We go on. Now the medium is asking how I’m doing. This is turning into a counseling session. I tell her how I’m getting by. She asks me what my goal was for today. I really don’t know. Did I want to hear Shayna is OK? I feel like I already knew that. Did I want to hear Shayna still loves us? I think I already knew that too. I don’t know what the hell I’m doing here. I just want to hear from Shayna, period. I want to be able to communicate with her. I tell her about my meditation practice and how I would like to contact Shayna myself. She tells me Shayna has been in the house and probably more so lately. It’s hard when the grief is still so fresh. But, something has shifted and Shayna should be more comfortable now. She tells me Shayna came in easily today and that is a good sign that I can expect to be able to contact her. The medium tells me in addition to being able to contact the dead, she can also prophesy.

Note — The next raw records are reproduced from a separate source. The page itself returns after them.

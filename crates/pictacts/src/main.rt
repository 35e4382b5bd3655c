//! The program `pictacts`: translates a file in the form of ACTS to a model file for `pict`.
#![tactic(auto)]

use acts_cli::run_acts;
use outside_io::{RealFolder, RealSink, Sink, command_words};
use std::process::ExitCode;

fn main(rt: HostRuntime) -> ExitCode {
    let mut files = RealFolder::new(rt);
    let mut diag = RealSink::new(rt.stderr());
    let Ok(words) = command_words(&rt, rt.alloc()) else {
        let _ = diag.put(b"error: out of memory\n");
        return ExitCode::from(1);
    };
    let status = run_acts(rt.alloc(), words.as_slice(), &mut files, &mut diag);
    ExitCode::from(status)
}
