// The words of a node table: what a node's words stand for, 21 and 22, and the refusals of the operations on tables.
#![tactic(auto)]

ghost use Rattle.std.specs.Prelude.{◌≡◌};
ghost use Rattle.table.specs.Outcome.{number_of, node_of};

pub mod gates;
pub mod layout;
pub mod words;

// How many nodes a table has at most, and over how many variables.
pub const MAX_NODES: u32 = 1024;

pub const MAX_VARIABLES: u32 = 40;

// The kinds of nodes, with the scope's word of each: false, true, yes, no, pick, both.
pub const FALSE: u32 = 0;

pub const TRUE: u32 = 1;

pub const POSITIVE: u32 = 2;

pub const NEGATIVE: u32 = 3;

pub const DECISION: u32 = 4;

pub const CONJUNCTION: u32 = 5;

// Why an operation on a table refuses; specs/Outcome.antt has the scope's numbers.
#[derive(Clone, Copy)]
pub enum Refusal {
    // N or n out of range, or too few words
    Sizes,
    // a node whose words its kind does not allow
    Malformed(u32),
    // a node, not the last, that is nobody's child
    Parentless(u32),
    // a node at which a variable meets itself
    Undecomposable(u32),
    // a conjunction with a false child, or a decision with two
    Unreduced(u32),
    // an assignment with a bit at N or above
    Assignment,
    // masks that are no term over N variables
    NotTerm,
    // an assignment that does not satisfy the circuit
    Unsatisfied,
    // a capacity above 4,096, or buffers too small for it
    Buffers,
    // not one weight for each variable, or one above 1,000
    Weights,
    // a pair of variables that is incomplete, has one variable twice, or one not below N
    Exclusions,
    // more prime implicants than the capacity
    Capacity,
}

// The scope's number of a refusal.
pub fn number_of(why: Refusal) -> u32
    ensures { result ≡ number_of why }
{
    match why {
        Refusal::Sizes => 21,
        Refusal::Malformed(_) => 22,
        Refusal::Parentless(_) => 23,
        Refusal::Undecomposable(_) => 24,
        Refusal::Unreduced(_) => 25,
        Refusal::Assignment => 31,
        Refusal::NotTerm => 32,
        Refusal::Unsatisfied => 33,
        Refusal::Buffers => 41,
        Refusal::Weights => 56,
        Refusal::Exclusions => 57,
        Refusal::Capacity => 42,
    }
}

// The node that a refusal names; 0 where it names none.
pub fn node_of(why: Refusal) -> u32
    ensures { result ≡ node_of why }
{
    match why {
        Refusal::Malformed(i) => i,
        Refusal::Parentless(i) => i,
        Refusal::Undecomposable(i) => i,
        Refusal::Unreduced(i) => i,
        Refusal::Sizes => 0,
        Refusal::Assignment => 0,
        Refusal::NotTerm => 0,
        Refusal::Unsatisfied => 0,
        Refusal::Buffers => 0,
        Refusal::Weights => 0,
        Refusal::Exclusions => 0,
        Refusal::Capacity => 0,
    }
}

She tells me that she knows I will not give up until I have contacted Shayna and I will keep working to make that happen. She’s right about that. Nothing can keep us apart. She tells me that the four of us have lived lives together before and that’s why we bonded so easily as a family. Some families have trouble with one or more members fitting in. It was never like that with us.

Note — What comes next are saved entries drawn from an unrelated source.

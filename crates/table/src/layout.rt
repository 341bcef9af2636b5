// Where the words of a node stand in a table: the one place that knows how many there are.
ghost use Rattle.std.specs.Prelude.{◌≡◌, ◌+◌, ◌≤◌, ◌<◌, length};
ghost use Rattle.std.proofs.lemmas.List.Edits.{sets};
ghost use Rattle.table.specs.Layout.{eight, words_at, put_words, words_for, room_in, max_children};
ghost use Rattle.table.specs.Node.{max_nodes};

// How many words a node has: kind, variable ("fact"), number of children, and the children. Public for the lengths of arrays alone.
pub const NODE_WORDS: usize = 11;

// How many children a node has at most.
pub const MAX_CHILDREN: usize = 8;

// The children of a node: how many, and their numbers. The other words are unused.
#[derive(Clone, Copy)]
pub struct Children {
    pub count: u32,
    pub nodes: [u32; MAX_CHILDREN],
}

// The words of a node.
#[derive(Clone, Copy)]
pub struct NodeWords {
    pub kind: u32,
    pub variable: u32,
    pub children: Children,
}

// How many words n nodes have.
pub fn words_for(n: u32) -> usize
    ensures { result ≡ words_for n }
{
    NODE_WORDS * (n as usize)
}

// How many nodes have room in so many words.
pub fn room_in(words: usize) -> usize
    ensures { result ≡ room_in words }
{
    words / NODE_WORDS
}

// The eight words from a place on.
fn eight_at(words: &[u32], at: usize) -> [u32; MAX_CHILDREN]
    requires { (at < words_for max_nodes) × (at + max_children ≤ length words.now) }
    ensures { result ≡ eight words.now at }
{
    [
        words[at],
        words[at + 1],
        words[at + 2],
        words[at + 3],
        words[at + 4],
        words[at + 5],
        words[at + 6],
        words[at + 7],
    ]
}

// The words of node i.
pub fn words_at(words: &[u32], i: usize) -> NodeWords
    requires { (i < max_nodes) × (words_for (i + 1) ≤ length words.now) }
    ensures { result ≡ words_at words.now i }
{
    let at = NODE_WORDS * i;
    let kind = words[at];
    let variable = words[at + 1];
    let count = words[at + 2];
    let nodes = eight_at(words, at + 3);
    NodeWords {
        kind,
        variable,
        children: Children { count, nodes },
    }
}

// Makes the eight words from a place on those of the array.
fn put_eight(words: &mut [u32], at: usize, nodes: [u32; MAX_CHILDREN])
    requires { at + max_children ≤ length words.old }
    ensures { words.new ≡ sets words.old at nodes }
{
    words[at..at + MAX_CHILDREN].copy_from_slice(&nodes);
}

// Makes the words of node i.
pub fn put_words(words: &mut [u32], i: usize, node: NodeWords)
    requires { (i < max_nodes) × (words_for (i + 1) ≤ length words.old) }
    ensures { words.new ≡ put_words words.old i node }
{
    let at = NODE_WORDS * i;
    let children = node.children;
    let nodes = children.nodes;
    words[at] = node.kind;
    words[at + 1] = node.variable;
    words[at + 2] = children.count;
    put_eight(words, at + 3, nodes);
}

She asks me if I got what I came for today. She senses I don’t need “table work” (she is a license massage therapist, reiki healer, etc.). Yeah, I guess I did. She gave me some meditation techniques to try.

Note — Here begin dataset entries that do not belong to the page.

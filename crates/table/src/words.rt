// The checks of a table's numbers and words: 21 and 22.
ghost use Rattle.std.specs.Prelude.{◌≡◌, not, ◌+◌, ◌≤◌, ◌<◌, length};
ghost use Rattle.masks.specs.Numbers.{first};
ghost use Rattle.table.specs.Layout.{words_for};
ghost use Rattle.table.specs.Node.{max_nodes};
ghost use Rattle.table.specs.Outcome.{outcome};
ghost use Rattle.table.specs.Words.{word_fits, children_fit, well_formed, in_range, malformed, check_words};

use super::layout::{Children, MAX_CHILDREN, NodeWords, words_at, words_for};
use super::{MAX_NODES, MAX_VARIABLES, Refusal};

// 1 to 40 variables, 1 to 1,024 nodes, and words enough for them.
fn in_range(words: &[u32], variables: u32, nodes: u32) -> bool
    ensures { result ≡ in_range variables nodes words.now }
{
    (1 <= variables)
        & (variables <= MAX_VARIABLES)
        & (1 <= nodes)
        & (nodes <= MAX_NODES)
        & (words_for(nodes) <= words.len())
}

// A used word is below its bound, an unused word is 0.
fn word_fits(used: bool, bound: u32, word: u32) -> bool
    ensures { result ≡ word_fits used bound word }
{
    if used { word < bound } else { word == 0 }
}

// The children stand below their parent, and the unused words are 0.
fn children_fit(children: Children, parent: u32) -> bool
    ensures { result ≡ children_fit parent children }
{
    let count = children.count as usize;
    let nodes = children.nodes;
    for k in 0..MAX_CHILDREN {
        if !word_fits(k < count, parent, nodes[k]) {
            return false;
        }
    }
    true
}

// Words that are not those of a node of their kind, by the kind; parent is the node's number.
fn is_unfit(node: NodeWords, variables: u32, parent: u32) -> bool
    ensures { result ≡ not (well_formed variables parent node) }
{
    let kind = node.kind;
    let x = node.variable;
    let children = node.children;
    let count = children.count;
    let fit = children_fit(children, parent);
    match kind {
        0 => !((x == 0) & (count == 0) & fit),
        1 => !((x == 0) & (count == 0) & fit),
        2 => !((x < variables) & (count == 0) & fit),
        3 => !((x < variables) & (count == 0) & fit),
        4 => !((x < variables) & (count == 2) & fit),
        5 => !((x == 0) & ((2 <= count) & (count <= (MAX_CHILDREN as u32))) & fit),
        6.. => true,
    }
}

// Node i is malformed.
fn is_malformed(words: &[u32], variables: u32, i: usize) -> bool
    requires { (i < max_nodes) × (words_for (i + 1) ≤ length words.now) }
    ensures { result ≡ malformed variables words.now i }
{
    is_unfit(words_at(words, i), variables, i as u32)
}

// 22: the lowest malformed node.
fn first_malformed(words: &[u32], variables: u32, n: usize) -> Option<usize>
    requires { (n ≤ max_nodes) × (words_for n ≤ length words.now) }
    ensures { result ≡ first n (malformed variables words.now) }
{
    for i in 0..n {
        if is_malformed(words, variables, i) {
            return Some(i);
        }
    }
    None
}

// 21, then 22 with its lowest node.
pub fn check_words(words: &[u32], variables: u32, nodes: u32) -> Result<(), Refusal>
    ensures { outcome result ≡ check_words variables nodes words.now }
{
    if !in_range(words, variables, nodes) {
        return Err(Refusal::Sizes);
    }
    match first_malformed(words, variables, nodes as usize) {
        Some(i) => Err(Refusal::Malformed(i as u32)),
        None => Ok(()),
    }
}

So, what do I want? I still don’t know other than I want to be with Shayna. I miss her terribly. Sometimes it’s worse than others, but it never goes away. One thing that the medium said to me that I found very insightful was that we never get over the loss of a child. We never move on. But, we get used to it. I guess that’s the best way I’ve heard it put. Getting used to it. It sucks. I’ll never accept it. I’ll never be happy about it. But, maybe one day I’ll feel like I can live with it. Even pain, once it settles in, can be blocked out. And every day is one day less I have to live it. The good news is this life isn’t forever.